CNCF 10 Years: CPU Native vs GPU Native
MAKE CLOUD NATIVE UBIQUITOUS
CNCF (Cloud Native Computing Foundation) turns 10. I published a post when Kubernetes turns 10 in 2024. It's the same sentiment. It’s been a magic journey to be part of these programs for half of their ten-year history. I am honored and humbled for the opportunity to help various roles, such as Local Community Lead, Ambassador, Program Committee Member, and Speaker.
Motivated by Janet Kuo's presentation, 'Kubernetes at 10: A Decade of Community-Powered Innovation,' from the KuberTENes Birthday Bash at Google Mountain View Bay View office, along with the event’s T-shirt design. List my ten KubeCon:
Naming as CNCF Ambassador

(KubeCon EU 2023 Amsterdam, Netherlands. Keukenhof, known as the Garden of Europe, one of the world's largest flower gardens)
I was first named a CNCF Ambassador in late 2022, with the announcement made public during KubeCon Europe 2023 in Amsterdam. I remember at the time, only three Ambassadors were selected from Amazon, one of them was my mentor and colleague, a Principal Engineer in the same VP organization. And I was the only one based in Seattle. After completing my one-year term, I’ve been reappointed as a CNCF Ambassador for another two-year serving term in 2024. It’s a privilege to be recognized and to continue being part of the global Cloud Native community, alongside 154 fellow Ambassadors from 37 countries and 124 companies. This journey has been both unforgettable and deeply meaningful to me.
CPU vs GPU
LLMs have ushered in a new era for GPU-based computing, powering both model training and inference, and paving the way for agentic AI. It feels like the CPU era faded almost overnight. I’ve worked on both sides, actually the founding engineer of two such products at Amazon: on the GPU side, Bedrock; and on the CPU side, quite a few, including App Runner, ECS/Fargate, Lambda, and Elastic Beanstalk.
Few diff between GPU / Other accelerators vs CPU
Peter DeSantis had an excellent keynote in re:Invent 2024 that highlighted the diverse challenges for AI workloads. "One of cool things AI workloads is that they present a new opportunity for our teams to invent in entirely different ways." Peter said.
Kubernetes Community Movement
I had expected Kubernetes to move faster in this space. GPT-3.5 was introduced in late 2022, yet it wasn’t until mid-2024 that the community launched two relevant working groups: WG Serving and WG Accelerator Management, to address and enhance serving workloads on Kubernetes, specifically on hardware-accelerated AI/ML inference.
Google Cloud Run on GPU
Have to admit, Google Cloud Run made a right move. As prev builter of AWS App Runner, a product positioned similarly to Cloud Run, I'm excited to see Cloud Run now on GPUs, as announced at Google Cloud Next 2025. Serverless GPU support is a big deal, it enables Cloud Run to handle large models and opens the door to emerging opportunities in agentic AI, another big deal.
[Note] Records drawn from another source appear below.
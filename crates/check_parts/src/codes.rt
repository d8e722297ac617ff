ghost use Rattle.std.specs.Prelude.{◌≡◌, ◌^◌, ◌<◌, All, IfOk, length};
ghost use Rattle.std.specs.Bool.{OnTrue};

use crate::values::Cell::{Int, Null, Text};
use crate::values::{Cell, values_of};
use im_codes::{Coding, Dict, Runs, lend_values};
use im_values::{NoMemory, Value};
use std::alloc::Global;
use std::test::Fail;

const MIXED: [(Cell, u32); 7] = [
    (Int(30), 1),
    (Null, 1),
    (Int(10), 1),
    (Int(30), 1),
    (Text(b"b"), 1),
    (Text(b"a"), 1),
    (Text(b"b"), 1),
];

/// A dictionary, at the second try where memory runs out at the first.
fn dictionary(alloc: Global, values: &[Value]) -> Result<Dict, NoMemory>
    requires { length values.now < 2 ^ 31 }
{
    if let Ok(dict) = Dict::build(alloc, values) {
        return Ok(dict);
    }
    Dict::build(alloc, values)
}

/// Runs, at the second try likewise.
fn runs(alloc: Global, codes: &[u32]) -> Result<Runs, NoMemory>
    requires { length codes.now < 2 ^ 31 }
    ensures { IfOk result (λ runs. runs ≡ codes.now) }
{
    if let Ok(runs) = Runs::build(alloc, codes) {
        return Ok(runs);
    }
    Runs::build(alloc, codes)
}

/// Whether a dictionary of the mixed values numbers the distinct ones in their order.
fn is_in_order(dict: &Dict, values: &[Value]) -> bool {
    for (value, code) in values.iter().zip([2, 0, 1, 2, 4, 3, 4]) {
        if dict.code_of(value) != Some(code) {
            return false;
        }
    }
    for (number, code) in [(9, 1), (10, 1), (20, 2), (30, 2), (31, 3)] {
        if dict.lower(&Value::int(number)) != code {
            return false;
        }
    }
    dict.len() == 4 && dict.code_of(&Value::int(20)).is_none()
}

#[test]
fn a_dictionary_numbers_the_distinct_values_in_their_order(rt: HostRuntime) -> Result<(), Fail> {
    let values = values_of(rt.alloc(), &MIXED)?;
    assert!(rt; values.len() < 8);
    let dict = dictionary(rt.alloc(), values.as_slice())?;
    assert!(rt; is_in_order(&dict, values.as_slice()));
    Ok(())
}

/// Whether a dictionary has the code of NULL alone.
fn is_of_null_alone(dict: &Dict) -> bool {
    dict.is_empty()
        && dict.code_of(&Value::null()) == Some(0)
        && dict.code_of(&Value::int(0)).is_none()
        && dict.lower(&Value::int(0)) == 1
}

#[test]
fn a_dictionary_of_no_value_has_the_code_of_null_alone(rt: HostRuntime) -> Result<(), Fail> {
    let nulls = [Value::null(), Value::null()];
    for count in 0..3 {
        let dict = dictionary(rt.alloc(), &nulls[..count])?;
        assert!(rt; is_of_null_alone(&dict));
    }
    Ok(())
}

/// Whether runs have these codes and ends, and give back the codes that they were made of.
fn has_runs(runs: &Runs, codes: &[u32], expected: &[(u32, u32)]) -> bool
    requires { runs.now ≡ codes.now }
{
    if runs.runs().len() != expected.len() {
        return false;
    }
    for (run, (code, end)) in runs.runs().iter().zip(expected) {
        if run.code != *code || run.end != *end {
            return false;
        }
    }
    for i in 0..codes.len() {
        if runs.get(i as u64) != codes[i] {
            return false;
        }
    }
    true
}

#[test]
fn runs_are_as_long_as_they_can_be(rt: HostRuntime) -> Result<(), Fail> {
    let cases: [(&[u32], &[(u32, u32)]); 5] = [
        (&[], &[]),
        (&[7], &[(7, 1)]),
        (&[2, 0, 1, 2], &[(2, 1), (0, 2), (1, 3), (2, 4)]),
        (&[1, 1, 2, 2, 2, 1], &[(1, 2), (2, 5), (1, 6)]),
        (&[7; 100], &[(7, 100)]),
    ];
    for (codes, expected) in cases {
        assert!(rt; codes.len() < 101);
        let runs = runs(rt.alloc(), codes)?;
        assert!(rt; has_runs(&runs, codes, expected));
        assert!(rt; runs.codes(rt.alloc())?.as_slice() == codes);
    }
    Ok(())
}

/// Whether each place is before an end.
fn are_before(places: &[u32], end: usize) -> bool
    ensures { OnTrue result (All (λ place. place < end) places.now) }
{
    for place in places {
        if *place as usize >= end {
            return false;
        }
    }
    true
}

/// The codes at places of the codes of values, with those of fresh values behind them: none for a place that is not there.
fn picked(
    alloc: Global,
    values: &[&Value],
    fresh: &[&Value],
    places: &[u32],
) -> Result<Option<Vec<u32>>, NoMemory>
    requires { length values.now < 2 ^ 31 }
{
    let Coding { dict, codes } = Coding::of(alloc, values)?;
    if !are_before(places, codes.len() + fresh.len()) {
        return Ok(None);
    }
    dict.codes_picked(alloc, codes, fresh, places)
}

/// Whether these codes were picked, or none.
fn is_picked_as(picked: &Option<Vec<u32>>, wanted: Option<&[u32]>) -> bool {
    match (picked, wanted) {
        (Some(codes), Some(wanted)) => codes.as_slice() == wanted,
        (None, None) => true,
        _ => false,
    }
}

#[test]
fn a_dictionary_picks_codes_while_it_is_that_of_the_values(rt: HostRuntime) -> Result<(), Fail> {
    let values = values_of(
        rt.alloc(),
        &[(Int(20), 1), (Null, 1), (Int(10), 1), (Int(20), 1)],
    )?;
    let lent = lend_values(rt.alloc(), values.as_slice())?;
    assert!(rt; lent.len() < 8);
    let known = [&Value::int(10), &Value::null()];
    let cases: [(&[u32], Option<&[u32]>); 5] = [
        (&[0, 1, 2, 3], Some(&[2, 0, 1, 2])),
        (&[4, 0, 5], Some(&[1, 2, 0])),
        (&[2, 3], Some(&[1, 2])),
        (&[0, 1, 3], None),
        (&[], None),
    ];
    for (places, wanted) in cases {
        let codes = picked(rt.alloc(), lent.as_slice(), &known, places)?;
        assert!(rt; is_picked_as(&codes, wanted));
    }
    let codes = picked(rt.alloc(), lent.as_slice(), &[&Value::int(30)], &[0, 2])?;
    assert!(rt; codes.is_none());
    Ok(())
}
Key Primitives (or Building Blocks)
The fundamentals of serverless remain unchanged. CNCF turns 10 now, Kubernetes, Lambda, ECS and Alexa turns 10 last year. Bedrock and Claude turns 2. Someone says Bedrock is the "Lambda of LLM." I say it is more than that. As I putted in post during Serverless 10 year, serverless continues to play a key role in the LLM world, handling the heavy lifting and delivering real AI/ML value to customers. This principle has held true since before the 'Attention is All You Need' era.
What Comes Next
Firecracker seems back to the stage. Inspired by Jeff Barr’s post, it’s clear that Firecracker lightweight VMs are becoming a enabler option for AI coding assistants or more: agentic AI, allowing users speed development and deployment while running code in protected sandboxes. Companies like E2B are also embracing this approach, providing safe environments for running AI-generated code. As prev builder of Fargate on Firecracker, I’m excited to see this happening.